Первые два пролета дались легко – ничего не почувствовали.
«Я мог бы и один, – говорил Кустарь, – но решил, что силы мне еще пригодятся…»
Он бы один, конечно, не справился. Очень скоро стал красный как рак. Я попросил его отдохнуть. Он отказался: ничего, ничего, давай, пустяки… Я сказал, что выбился из сил, мне надо перекурить. Он неохотно уступил. У него бы случился апоплексический удар, я в этом уверен. Он был пунцовый, точно из бани. Мы сорвали кожу на руках до крови. У меня ноет ребро, опять невралгия. Последние два пролета были самыми тяжелыми. У нас было несколько перерывов. Я заглядывал в залы, прохаживался, чтобы отвлечься. Спрашивал его – не поставил ли он чего-нибудь нового? Он рассказывал и увлекался – так я выяснил, что на седьмой этаж он носил в ведрах песок, забегался, сделал пустыню, и пустыня получилась славная: посреди песка стояло много скелетов, некоторые из них совокуплялись в самых странных позах. Он сказал, что ему пришлось несколько суток изучать гей-порно, чтобы воспроизвести положения тел как можно правдоподобнее, но потом он плюнул на правдоподобие и отдался фантазии, которая вызвала самые причудливые сцены и формы, и он сращивал скелетов, по три-четыре – в одно целое, получились загадочные монстры, монстры похоти и содомии.
Два последних пролета лестницы самые шаткие. Я думал, что мы провалимся. Поручней нет. Местами пробиты ступени. Мы провалимся, твердил я себе, мы загремим… Ну и пусть, ну и загремим, ну и к чертям все! Лучше так загреметь, с лебедкой и мастером, создающим Театр ужасов, Ад, девятый круг…
– Кустарь, для чего тебе лебедка?
– Гильотину буду строить – натуральных размеров. Доски, бревна… тяжелые… много и длинные… проще поднять, чем тянуть на себе…
Я поднялся аж на седьмой этаж! Подумать только… Есть порох в пороховницах!
Постоял в пустыне, разглядывая монстров похоти. Хорошо. Кругом пыль. Сюда давно никто не заходил. Я увидел наши вчерашние следы. Четко отпечатались в пыли, как в снегу.
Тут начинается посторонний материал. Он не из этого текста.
//! Arguments.

use super::{HANDLE, PLACE};
use crate::tests::arguments::{Format, Garbage, all_are_garbage, fronts_are_garbage};
use crate::tests::{BEHIND, joined, record};
use bytes::Bytes;
use nfs_wire::{
    AccessArguments, CommitArguments, CreateArguments, CreateHow, DeviceNumber, DirOp,
    LinkArguments, MkdirArguments, MknodArguments, NfsCall, Ordinary, ReadArguments,
    ReaddirArguments, ReaddirplusArguments, RenameArguments, SetAttributes, SetTime,
    SetattrArguments, Special, Stability, SymlinkArguments, Time, Verifier, WriteArguments,
    one_call_is_spelled, read_args,
};
use nfs_xdr::SharedReader;
use std::alloc::Global;
use std::process::Abort;
use std::test::Fail;

/// Nothing is set.
const NOTHING: SetAttributes = SetAttributes {
    mode: None,
    uid: None,
    gid: None,
    size: None,
    accessed: SetTime::Leave,
    modified: SetTime::Leave,
};

/// What arguments are read as. Where none is given the handle is `abcd`, and the name `file`.
#[derive(Clone, Copy)]
enum Arguments {
    Nothing,
    Handle(&'static [u8]),
    /// A name in a directory.
    Name(&'static [u8]),
    Setattr(SetAttributes, Option<Time>),
    /// The rights.
    Access(u32),
    /// The offset and the count.
    Read(u64, u32),
    /// `hello` is written at 9, with a count of 3.
    Write(Stability),
    Create(CreateHow),
    Mkdir(SetAttributes),
    /// The text.
    Symlink(&'static [u8]),
    Mknod(Special),
    /// The new directory and the new name.
    Rename(&'static [u8], &'static [u8]),
    /// The file.
    Link(&'static [u8]),
    /// The cookie, its verifier, and the count.
    Readdir(u64, [u8; 8], u32),
    /// The cookie, its verifier, and the two counts.
    Readdirplus(u64, [u8; 8], u32, u32),
    /// The offset and the count.
    Commit(u64, u32),
}

/// The words of a procedure's arguments in two parts, and what they are read as.
struct Reading(u32, &'static [u32], &'static [u32], Arguments);

fn handle() -> Bytes {
    Bytes::from_static(b"abcd")
}

fn place(name: &'static [u8]) -> DirOp {
    DirOp {
        directory: handle(),
        name: Bytes::from_static(name),
    }
}

/// The call of a procedure whose arguments are a handle.
fn on_handle(procedure: u32, handle: &'static [u8]) -> NfsCall {
    let handle = Bytes::from_static(handle);
    match procedure {
        1 => NfsCall::Getattr(handle),
        5 => NfsCall::Readlink(handle),
        18 => NfsCall::Fsstat(handle),
        19 => NfsCall::Fsinfo(handle),
        _ => NfsCall::Pathconf(handle),
    }
}

/// The call of a procedure whose arguments are a name in a directory.
fn on_name(procedure: u32, name: &'static [u8]) -> NfsCall {
    let place = place(name);
    match procedure {
        3 => NfsCall::Lookup(place),
        12 => NfsCall::Remove(place),
        _ => NfsCall::Rmdir(place),
    }
}

fn setattr(attributes: SetAttributes, guard: Option<Time>) -> NfsCall {
    NfsCall::Setattr(SetattrArguments {
        object: handle(),
        attributes,
        guard,
    })
}

fn access(rights: u32) -> NfsCall {
    NfsCall::Access(AccessArguments {
        object: handle(),
        rights,
    })
}

fn read(offset: u64, count: u32) -> NfsCall {
    NfsCall::Read(ReadArguments {
        file: handle(),
        offset,
        count,
    })
}

fn write(stable: Stability) -> NfsCall {
    NfsCall::Write(WriteArguments {
        file: handle(),
        offset: 9,
        count: 3,
        stable,
        data: Bytes::from_static(b"hello"),
    })
}

fn create(how: CreateHow) -> NfsCall {
    NfsCall::Create(CreateArguments {
        place: place(b"file"),
        how,
    })
}

fn mkdir(attributes: SetAttributes) -> NfsCall {
    NfsCall::Mkdir(MkdirArguments {
        place: place(b"file"),
        attributes,
    })
}

fn symlink(text: &'static [u8]) -> NfsCall {
    NfsCall::Symlink(SymlinkArguments {
        place: place(b"file"),
        attributes: NOTHING,
        text: Bytes::from_static(text),
    })
}

fn mknod(what: Special) -> NfsCall {
    NfsCall::Mknod(MknodArguments {
        place: place(b"file"),
        what,
    })
}

fn rename(directory: &'static [u8], name: &'static [u8]) -> NfsCall {
    NfsCall::Rename(RenameArguments {
        from: place(b"file"),
        to: DirOp {
            directory: Bytes::from_static(directory),
            name: Bytes::from_static(name),
        },
    })
}

fn link(file: &'static [u8]) -> NfsCall {
    NfsCall::Link(LinkArguments {
        file: Bytes::from_static(file),
        place: place(b"file"),
    })
}

fn readdir(cookie: u64, bytes: [u8; 8], count: u32) -> NfsCall {
    NfsCall::Readdir(ReaddirArguments {
        directory: handle(),
        cookie,
        verifier: Verifier { bytes },
        count,
    })
}

fn readdirplus(cookie: u64, bytes: [u8; 8], directory_count: u32, most: u32) -> NfsCall {
    NfsCall::Readdirplus(ReaddirplusArguments {
        directory: handle(),
        cookie,
        verifier: Verifier { bytes },
        directory_count,
        most,
    })
}

fn commit(offset: u64, count: u32) -> NfsCall {
    NfsCall::Commit(CommitArguments {
        file: handle(),
        offset,
        count,
    })
}

/// The call of the procedure with these arguments.
fn call_of(procedure: u32, arguments: &Arguments) -> NfsCall {
    match *arguments {
        Arguments::Nothing => NfsCall::Null,
        Arguments::Handle(handle) => on_handle(procedure, handle),
        Arguments::Name(name) => on_name(procedure, name),
        Arguments::Setattr(attributes, guard) => setattr(attributes, guard),
        Arguments::Access(rights) => access(rights),
        Arguments::Read(offset, count) => read(offset, count),
        Arguments::Write(stable) => write(stable),
        Arguments::Create(how) => create(how),
        Arguments::Mkdir(attributes) => mkdir(attributes),
        Arguments::Symlink(text) => symlink(text),
        Arguments::Mknod(what) => mknod(what),
        Arguments::Rename(directory, name) => rename(directory, name),
        Arguments::Link(file) => link(file),
        Arguments::Readdir(cookie, verifier, count) => readdir(cookie, verifier, count),
        Arguments::Readdirplus(cookie, verifier, count, most) => {
            readdirplus(cookie, verifier, count, most)
        }
        Arguments::Commit(offset, count) => commit(offset, count),
    }
}

/// Whether the bytes are read as the call.
fn is_call(alloc: Global, procedure: u32, bytes: &[u8], call: &NfsCall) -> Result<bool, Fail> {
    let record = record(alloc, bytes)?;
    let read = read_args(procedure, SharedReader::new(&record));
    let is_call = matches!(&read, Ok(read) if read == call);
    drop(read);
    Ok(is_call)
}

/// Whether the words are read as that call, with nothing and with bytes behind them, and every shorter front is
/// garbage.
fn is_read(alloc: Global, reading: &Reading) -> Result<bool, Fail> {
    let call = call_of(reading.0, &reading.3);
    let is_read = is_read_as(alloc, reading, &call);
    drop(call);
    is_read
}

/// The same of a call that is lent.
fn is_read_as(alloc: Global, reading: &Reading, call: &NfsCall) -> Result<bool, Fail> {
    let Reading(procedure, front, back, _) = reading;
    let mut bytes = joined(alloc, front, back, &[])?;
    if !fronts_are_garbage(alloc, Format::Nfs(*procedure), bytes.as_slice())?
        || !is_call(alloc, *procedure, bytes.as_slice(), call)?
    {
        return Ok(false);
    }
    bytes.extend_from_slice(&BEHIND)?;
    is_call(alloc, *procedure, bytes.as_slice(), call)
}

/// The words are read as those calls.
fn are_read(rt: &(impl Abort + AllocGlobal), readings: &[Reading]) -> Result<(), Fail> {
    for reading in readings {
        assert!(rt; is_read(rt.alloc(), reading)?, "procedure {}", reading.0);
    }
    Ok(())
}

#[test]
fn a_call_of_no_arguments_is_read(rt: HostRuntime) -> Result<(), Fail> {
    one_call_is_spelled();
    are_read(&rt, &[Reading(0, &[], &[], Arguments::Nothing)])
}

/// A handle has at most 64 bytes, and its padding is any bytes.
#[test]
fn calls_on_a_handle_are_read(rt: HostRuntime) -> Result<(), Fail> {
    const ABCD: Arguments = Arguments::Handle(b"abcd");
    are_read(
        &rt,
        &[
            Reading(1, &HANDLE, &[], ABCD),
            Reading(1, &[64], &[0x0707_0707; 16], Arguments::Handle(&[7; 64])),
            Reading(
                1,
                &[5],
                &[0x6162_6364, 0x6501_ff80],
                Arguments::Handle(b"abcde"),
            ),
            Reading(5, &HANDLE, &[], ABCD),
            Reading(18, &HANDLE, &[], ABCD),
            Reading(19, &HANDLE, &[], ABCD),
            Reading(20, &HANDLE, &[], ABCD),
        ],
    )
}

/// A name has any length.
#[test]
fn calls_on_a_name_are_read(rt: HostRuntime) -> Result<(), Fail> {
    const FILE: Arguments = Arguments::Name(b"file");
    are_read(
        &rt,
        &[
            Reading(3, &PLACE, &[], FILE),
            Reading(
                3,
                &[4, 0x6162_6364, 256],
                &[0x6e6e_6e6e; 64],
                Arguments::Name(&[b'n'; 256]),
            ),
            Reading(12, &PLACE, &[], FILE),
            Reading(13, &PLACE, &[], FILE),
        ],
    )
}

#[test]
fn setattr_is_read(rt: HostRuntime) -> Result<(), Fail> {
    const TO_CLIENT: SetAttributes = SetAttributes {
        mode: Some(0o644),
        gid: Some(100),
        size: Some(0x1_0000_0002),
        modified: SetTime::ToClient(Time {
            seconds: 5,
            nanoseconds: 6,
        }),
        ..NOTHING
    };
    const GUARD: Time = Time {
        seconds: 8,
        nanoseconds: 9,
    };
    const TO_SERVER: SetAttributes = SetAttributes {
        uid: Some(7),
        accessed: SetTime::ToServer,
        ..NOTHING
    };
    are_read(
        &rt,
        &[
            Reading(
                2,
                &HANDLE,
                &[1, 0o644, 0, 1, 100, 1, 1, 2, 0, 2, 5, 6, 1, 8, 9],
                Arguments::Setattr(TO_CLIENT, Some(GUARD)),
            ),
            Reading(
                2,
                &HANDLE,
                &[0, 1, 7, 0, 0, 1, 0, 0],
                Arguments::Setattr(TO_SERVER, None),
            ),
        ],
    )
}

/// The padding of data is any bytes.
#[test]
fn calls_on_a_file_are_read(rt: HostRuntime) -> Result<(), Fail> {
    const DATA_SYNC: Arguments = Arguments::Write(Stability::DataSync);
    are_read(
        &rt,
        &[
            Reading(4, &HANDLE, &[0x3f], Arguments::Access(0x3f)),
            Reading(6, &HANDLE, &[1, 2, 3], Arguments::Read(0x1_0000_0002, 3)),
            Reading(
                7,
                &HANDLE,
                &[0, 9, 3, 2, 5, 0x6865_6c6c, 0x6f00_0000],
                Arguments::Write(Stability::FileSync),
            ),
            Reading(
                7,
                &HANDLE,
                &[0, 9, 3, 0, 5, 0x6865_6c6c, 0x6f01_ff80],
                Arguments::Write(Stability::Unstable),
            ),
            Reading(
                7,
                &HANDLE,
                &[0, 9, 3, 1, 5, 0x6865_6c6c, 0x6fff_ffff],
                DATA_SYNC,
            ),
            Reading(21, &HANDLE, &[0, 5, 6], Arguments::Commit(5, 6)),
        ],
    )
}

#[test]
fn create_and_mkdir_are_read(rt: HostRuntime) -> Result<(), Fail> {
    const MODE: SetAttributes = SetAttributes {
        mode: Some(0o600),
        ..NOTHING
    };
    const VERIFIER: Verifier = Verifier {
        bytes: [1, 2, 3, 4, 5, 6, 7, 255],
    };
    are_read(
        &rt,
        &[
            Reading(
                8,
                &PLACE,
                &[0, 1, 0o600, 0, 0, 0, 0, 0],
                Arguments::Create(CreateHow::Unchecked(MODE)),
            ),
            Reading(
                8,
                &PLACE,
                &[1, 0, 0, 0, 0, 0, 0],
                Arguments::Create(CreateHow::Guarded(NOTHING)),
            ),
            Reading(
                8,
                &PLACE,
                &[2, 0x0102_0304, 0x0506_07ff],
                Arguments::Create(CreateHow::Exclusive(VERIFIER)),
            ),
            Reading(9, &PLACE, &[0; 6], Arguments::Mkdir(NOTHING)),
            Reading(
                10,
                &PLACE,
                &[0, 0, 0, 0, 0, 0, 3, 0x612f_6200],
                Arguments::Symlink(b"a/b"),
            ),
        ],
    )
}

#[test]
fn mknod_is_read(rt: HostRuntime) -> Result<(), Fail> {
    const NUMBER: DeviceNumber = DeviceNumber {
        major: 4,
        minor: 64,
    };
    const BLOCK: Special = Special::BlockDevice(NOTHING, NUMBER);
    const CHARACTER: Special = Special::CharacterDevice(NOTHING, NUMBER);
    are_read(
        &rt,
        &[
            Reading(
                11,
                &PLACE,
                &[3, 0, 0, 0, 0, 0, 0, 4, 64],
                Arguments::Mknod(BLOCK),
            ),
            Reading(
                11,
                &PLACE,
                &[4, 0, 0, 0, 0, 0, 0, 4, 64],
                Arguments::Mknod(CHARACTER),
            ),
            Reading(
                11,
                &PLACE,
                &[6, 0, 0, 0, 0, 0, 0],
                Arguments::Mknod(Special::Socket(NOTHING)),
            ),
            Reading(
                11,
                &PLACE,
                &[7, 0, 0, 0, 0, 0, 0],
                Arguments::Mknod(Special::Fifo(NOTHING)),
            ),
            Reading(
                11,
                &PLACE,
                &[1],
                Arguments::Mknod(Special::Other(Ordinary::Regular)),
            ),
            Reading(
                11,
                &PLACE,
                &[2],
                Arguments::Mknod(Special::Other(Ordinary::Directory)),
            ),
            Reading(
                11,
                &PLACE,
                &[5],
                Arguments::Mknod(Special::Other(Ordinary::Link)),
            ),
        ],
    )
}

#[test]
fn rename_and_link_are_read(rt: HostRuntime) -> Result<(), Fail> {
    are_read(
        &rt,
        &[
            Reading(
                14,
                &PLACE,
                &[4, 0x6566_6768, 1, 0x7800_0000],
                Arguments::Rename(b"efgh", b"x"),
            ),
            Reading(15, &[4, 0x6566_6768], &PLACE, Arguments::Link(b"efgh")),
        ],
    )
}

#[test]
fn calls_for_pages_are_read(rt: HostRuntime) -> Result<(), Fail> {
    are_read(
        &rt,
        &[
            Reading(
                16,
                &HANDLE,
                &[3, 4, 1, 2, 4096],
                Arguments::Readdir(0x3_0000_0004, [0, 0, 0, 1, 0, 0, 0, 2], 4096),
            ),
            Reading(
                17,
                &HANDLE,
                &[0, 3, u32::MAX, u32::MAX, 512, 8192],
                Arguments::Readdirplus(3, [255; 8], 512, 8192),
            ),
        ],
    )
}

/// A procedure that is not; lengths beyond a bound and beyond the record; and numbers that are no bool and of no enum.
#[test]
fn other_arguments_are_garbage(rt: HostRuntime) -> Result<(), Fail> {
    all_are_garbage(
        &rt,
        &[
            Garbage(Format::Nfs(22), &HANDLE, &[], &[]),
            Garbage(Format::Nfs(u32::MAX), &HANDLE, &[], &[]),
            Garbage(Format::Nfs(1), &[65], &[0x0707_0707; 17], &[]),
            Garbage(Format::Nfs(2), &HANDLE, &[2, 0, 0, 0, 0, 0, 0, 0], &[]),
            Garbage(Format::Nfs(2), &HANDLE, &[0, 0, 0, 0, 3, 0, 0, 0], &[]),
            Garbage(Format::Nfs(2), &HANDLE, &[0, 0, 0, 0, 0, 0, 2, 0, 0], &[]),
            Garbage(Format::Nfs(7), &HANDLE, &[0, 9, 3, 3, 0], &[]),
            Garbage(Format::Nfs(8), &PLACE, &[3, 0, 0, 0, 0, 0, 0], &[]),
            Garbage(Format::Nfs(11), &PLACE, &[0, 0, 0, 0, 0, 0, 0, 0, 0], &[]),
            Garbage(Format::Nfs(11), &PLACE, &[8, 0, 0, 0, 0, 0, 0, 0, 0], &[]),
        ],
    )
}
Пошел дальше. Вся стена расписана. В нескольких местах к ней приставлены большие и маленькие лестницы. Брошены раздвижные металлические стойки. Ведра, банки с кистями, разноцветные кляксы. Заляпанные листы полиэтилена шевелятся, шуршат. На стене начат барельеф – я не сразу догадался – грандиозной буйволиной морды Минотавра. Выпуклые ноздри, из которых вырывается нарисованное пламя, настоящий рог, голова приукрашена клочьями шерсти. В пасти наметились зубы, они еще вырастут, когда к ним вернется мастер. Туловище и руки у Минотавра, как полагается, человеческие, пока только набросаны небрежными мазками. Безобразная нижняя часть – козлиные ножки, как у пана, с копытцами, раздвоенный хвост. Минотавра с поклонами встречают похожие на тени люди, они падают на колени, сгорают… Так начинается город Дит. Среди обломанных стен офисов над чучелами животных измываются безобразные скелеты, они насилуют тварей, бьют, подвешивают, сдирают с них шкуру, потрошат. Кое-где остались перегородки. Один кабинет замурован, в нем есть окошечко, внутри: по пояс в натянутом черном пластике (подразумевается смола, наверное) замерли мученики. Когда-то здесь работали машины, ткацкие и прядильные станки, теперь везде беспорядок, на стенах кровавые пятна, царапины, следы пламени, сажа. Рядом с тиранами и палачами гордо стоят их жертвы, под стеклом выставлены напоказ орудия пыток и описания экзекуций. Огненный дождь еще не сделан, но лампочки уже приспособлены, кое-где протянуты проводки. Подсветку я тоже не люблю. Музейные шкафы с экспонатами за двойными стеклянными створками. Чистота и аккуратность, имеющая привкус эмали зубоврачебных кабинетов. Мне нравится, когда нет никакой подсветки, нет шкафов, стекла, роллеток, когда не убрано и все брошено. Можно избавиться от этих стеллажей, унести ведра, кисти и целлофан и самим уйти, как если б мы исчезли, нас нет, и никого никогда не будет. Идеально было бы очистить и всю территорию вокруг этой фабрики, так чтоб ты шел очень долго один, по маленькой заросшей тропинке, через поляны и овраг. Вот ты взобрался на горку, стоишь, осматривая заброшенные ангары, ферму с множеством коровьих костей, идешь в направлении аттракционов и казематов и так потихоньку добираешься до фабрики. Вот ты входишь в зал, совершенно один, ты видишь то, чего никто никогда не увидит. Это не выставка. Не музей. Не галерея. Это свидание с призраками твоих кошмаров. Белое пятно на карте сознания. Кустарь, как ты додумался до всего этого?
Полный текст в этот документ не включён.